» **Problem to work on**
Report, as a single figure, how many lines in the records below include "session".

(Stored data)
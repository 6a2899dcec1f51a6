ghost use Rattle.std.specs.Prelude.{◌≡◌, ℕ, ◌+◌, ◌<◌, ◌↔◌, length, IsSome, IfSome, IfNone};
ghost use Rattle.std.specs.List.{Contains};
ghost use Rattle.adc_base32.specs.FourDigits.{four_digits, read_digits};
ghost use Rattle.adc_base32.specs.Sids.{sid_count, sid_text, sid_at};
ghost use Rattle.adc_base32.specs.Turns.{IsNextFree, next_free};
ghost use Rattle.adc_base32.specs.Digits.{digit_of, value_at};

use crate::window::{WINDOW, WINDOWS, first_free};
use std::marker::Model;

/// Gives the character of a value.
#[tactic(auto, unfolding(crate::specs::Digits::digit_of))]
pub(crate) fn character(value: u8) -> u8
    requires { value < 32 }
    ensures exact { result ≡ digit_of value }
    ensures ascii { result < 128 }
{
    if value < 26 { value + b'A' } else { value + 24 }
}

/// Gives the value of a character that is a digit, below 32.
#[tactic(auto, unfolding(crate::specs::Digits::value_at))]
pub(crate) fn value(character: u8) -> Option<u8>
    ensures exact { result ≡ value_at character }
    ensures below { IfSome result (λ v. v < 32) }
{
    match character {
        b'A'..=b'Z' => Some(character - b'A'),
        b'2'..=b'7' => Some(character - 24),
        _ => None,
    }
}

/// The count of session identifiers.
const COUNT: u32 = 1_048_576;

/// A session identifier: the number by which a hub names a connection, from 0 to 1,048,575
/// (ADC 1.0, "Client identification").
#[derive(Clone, Copy, Debug, PartialEq, Eq, PartialOrd, Ord, Hash)]
pub struct Sid {
    number: u32,
}

impl Model for Sid {
    ghost Value = { ℕ };

    ghost view = { λ s. s.number };

    ghost invariant = { λ s. s.number < 1_048_576 };

    ghost inverse = { λ n. record { number = n } };
}

impl Sid {
    /// Makes the identifier with this number; `None` from 1,048,576 on.
    pub fn from_u32(number: u32) -> Option<Sid>
        ensures variant { IsSome result ↔ (number < sid_count) }
        ensures number { IfSome result (λ sid. sid ≡ number) }
    {
        if number < COUNT {
            Some(Sid { number })
        } else {
            None
        }
    }

    /// Gives its number, from 0 to 1,048,575.
    pub fn number(self) -> u32
        ensures exact { result ≡ self }
        ensures below { result < sid_count }
    {
        self.number
    }

    /// Reads the identifier that four base32 digits spell, the most significant first. `None` where the text has another
    /// length, or a character that is no digit; lower case is none.
    pub fn parse(text: &[u8]) -> Option<Sid>
        ensures spelt { IfSome result (λ sid. text.now ≡ sid_text sid) }
        ensures only { IfNone result ((n : ℕ) → n < sid_count → text.now ≡ sid_text n → ⊥) }
        ensures exact { result ≡ sid_at text.now }
    {
        read(text)
    }

    /// Gives its four base32 digits, the most significant first.
    pub fn text(&self) -> [u8; 4]
        ensures { result ≡ sid_text self.now }
    {
        let n = self.number;
        [
            character((n / 32768) as u8),
            character((n / 1024 % 32) as u8),
            character((n / 32 % 32) as u8),
            character((n % 32) as u8),
        ]
    }

    /// Gives the first of last + 1, last + 2 and so on that nobody in `taken` has, where 1 comes after 1,048,575. So
    /// identifier 0, `AAAA`, is never given. It takes no memory, and one pass over `taken` while that has no more than
    /// 1,024 items.
    pub fn next_free(last: u32, taken: &[Sid]) -> Sid
        requires last_in { last < sid_count }
        requires one_free { length taken.now + 1 < sid_count }
        ensures free { Contains taken.now result → ⊥ }
        ensures given { 0 < result }
        ensures first { IsNextFree last taken.now result }
        ensures exact { result ≡ next_free last taken.now }
    {
        'windows: for window in 0..WINDOWS {
            if let Some(number) = first_free(last, window * WINDOW, taken) {
                return Sid { number };
            }
        }
        unreachable!()
    }
}

fn read(text: &[u8]) -> Option<Sid>
    ensures { result ≡ read_digits text.now }
{
    let [a, b, c, d] = text else {
        return None;
    };
    four(*a, *b, *c, *d)
}

#[tactic(auto, unfolding(crate::specs::FourDigits::four_digits))]
fn four(a: u8, b: u8, c: u8, d: u8) -> Option<Sid>
    ensures { result ≡ four_digits a b c d }
{
    let a = u32::from(value(a)?);
    let b = u32::from(value(b)?);
    let c = u32::from(value(c)?);
    let d = u32::from(value(d)?);
    Some(Sid {
        number: ((a * 32 + b) * 32 + c) * 32 + d,
    })
}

» **Solution to this problem**
2